In the “After” section, we watch this character, whom Galland has rendered quite likeable, fall. Othello betrays Iago’s trust, giving a coveted lieutenancy to the less-qualified Michele Cassio as a reward for assisting in his covert courtship of Desdemona. Emilia is, to Iago’s eyes, inexplicably supportive of the deceitful romance, and therefore complicit. Feeling wounded and discarded by those he most loved and trusted, Iago’s bitter hurt prompts his plans for revenge.
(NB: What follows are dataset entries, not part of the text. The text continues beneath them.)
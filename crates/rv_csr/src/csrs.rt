//! The control registers of a hart.
ghost use Rattle.std.specs.Prelude.{◌≡◌};
ghost use Rattle.rv_csr.specs.Control.{reset};

use crate::mode::Mode;
use crate::status::Status;
use std::marker::Model;

/// All control registers of the hart.
#[derive(Clone, Copy, Debug)]
pub struct Csrs {
    pub(crate) status: Status,
    pub(crate) mie: u32,
    pub(crate) mtvec: u32,
    pub(crate) mcounteren: u32,
    pub(crate) mscratch: u32,
    pub(crate) mepc: u32,
    pub(crate) mcause: u32,
    pub(crate) mtval: u32,
    pub(crate) cycle: u64,
    pub(crate) instret: u64,
    pub(crate) cycle_written: bool,
    pub(crate) instret_written: bool,
}

impl Model for Csrs {
    ghost use Rattle.rv_csr.specs.Control.{Control};
    ghost use Rattle.rv_csr.specs.Fields.{shown_status, inner_status};

    ghost Value = { Control };

    ghost view = { λ c. record {
      status = shown_status c.status;
      mie = c.mie;
      mtvec = c.mtvec;
      mcounteren = c.mcounteren;
      mscratch = c.mscratch;
      mepc = c.mepc;
      mcause = c.mcause;
      mtval = c.mtval;
      cycle = c.cycle;
      instret = c.instret;
      cycle_written = c.cycle_written;
      instret_written = c.instret_written;
    } };

    ghost inverse = { λ c. record {
      status = inner_status c.status;
      mie = c.mie;
      mtvec = c.mtvec;
      mcounteren = c.mcounteren;
      mscratch = c.mscratch;
      mepc = c.mepc;
      mcause = c.mcause;
      mtval = c.mtval;
      cycle = c.cycle;
      instret = c.instret;
      cycle_written = c.cycle_written;
      instret_written = c.instret_written;
    } };
}

impl Csrs {
    /// The registers at reset.
    pub fn new() -> Csrs
        ensures { result ≡ reset }
    {
        Csrs {
            status: Status {
                mie: false,
                mpie: false,
                mpp: Mode::U,
                mprv: false,
                tw: false,
            },
            mie: 0,
            mtvec: 0,
            mcounteren: 0,
            mscratch: 0,
            mepc: 0,
            mcause: 0,
            mtval: 0,
            cycle: 0,
            instret: 0,
            cycle_written: false,
            instret_written: false,
        }
    }
}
I call this book the Tragedy of Iago because it tracks his rise and at least partially self-constructed fall in a way that renders him both likeable and pitiable. Galland makes a wise choice, spending the first half of the book on events we never see in the play, because it gives the character a more solid background, particularly in regard to his relationship with Othello. In Shakespeare’s play, the audience hears of their association and implied friendship, but we never truly get to see it; we know from the start that Iago is working to ill ends, because he tells the audience so in barest terms. In I, Iago, the friendship is palpable, heart-warming — and so Othello’s betrayal of Iago has a real emotional effect. When Othello begins to shut Iago out in favor of Cassio, the reader is privilege to Iago’s pain and bewilderment. We also get new motivation for Iago’s actions — jealousy and revenge play their parts, and no mistake, and Iago freely admits that he wants to hurt his friend for hurting him, to disgrace the usurper Cassio, and to remove Desdemona from the picture (though he does not intend to do so through her death). That isn’t the total of what’s going on in Iago’s head, however; when he sees how easily Othello can be roused to dangerous passions, he starts to harbour deep concerns about the general’s ability to serve in the position of honour and responsibility with which the Venetian Senate has placed him. He worries, too, about Othello’s judgment; a man who will pass over more qualified men in order to hand positions to panderers, after all, demonstrates an ethical lapse. Iago never claims to be operating only for the common good, in removing a potentially dangerous commander from his post — but since that lines up neatly with his desire for revenge, why not work for both?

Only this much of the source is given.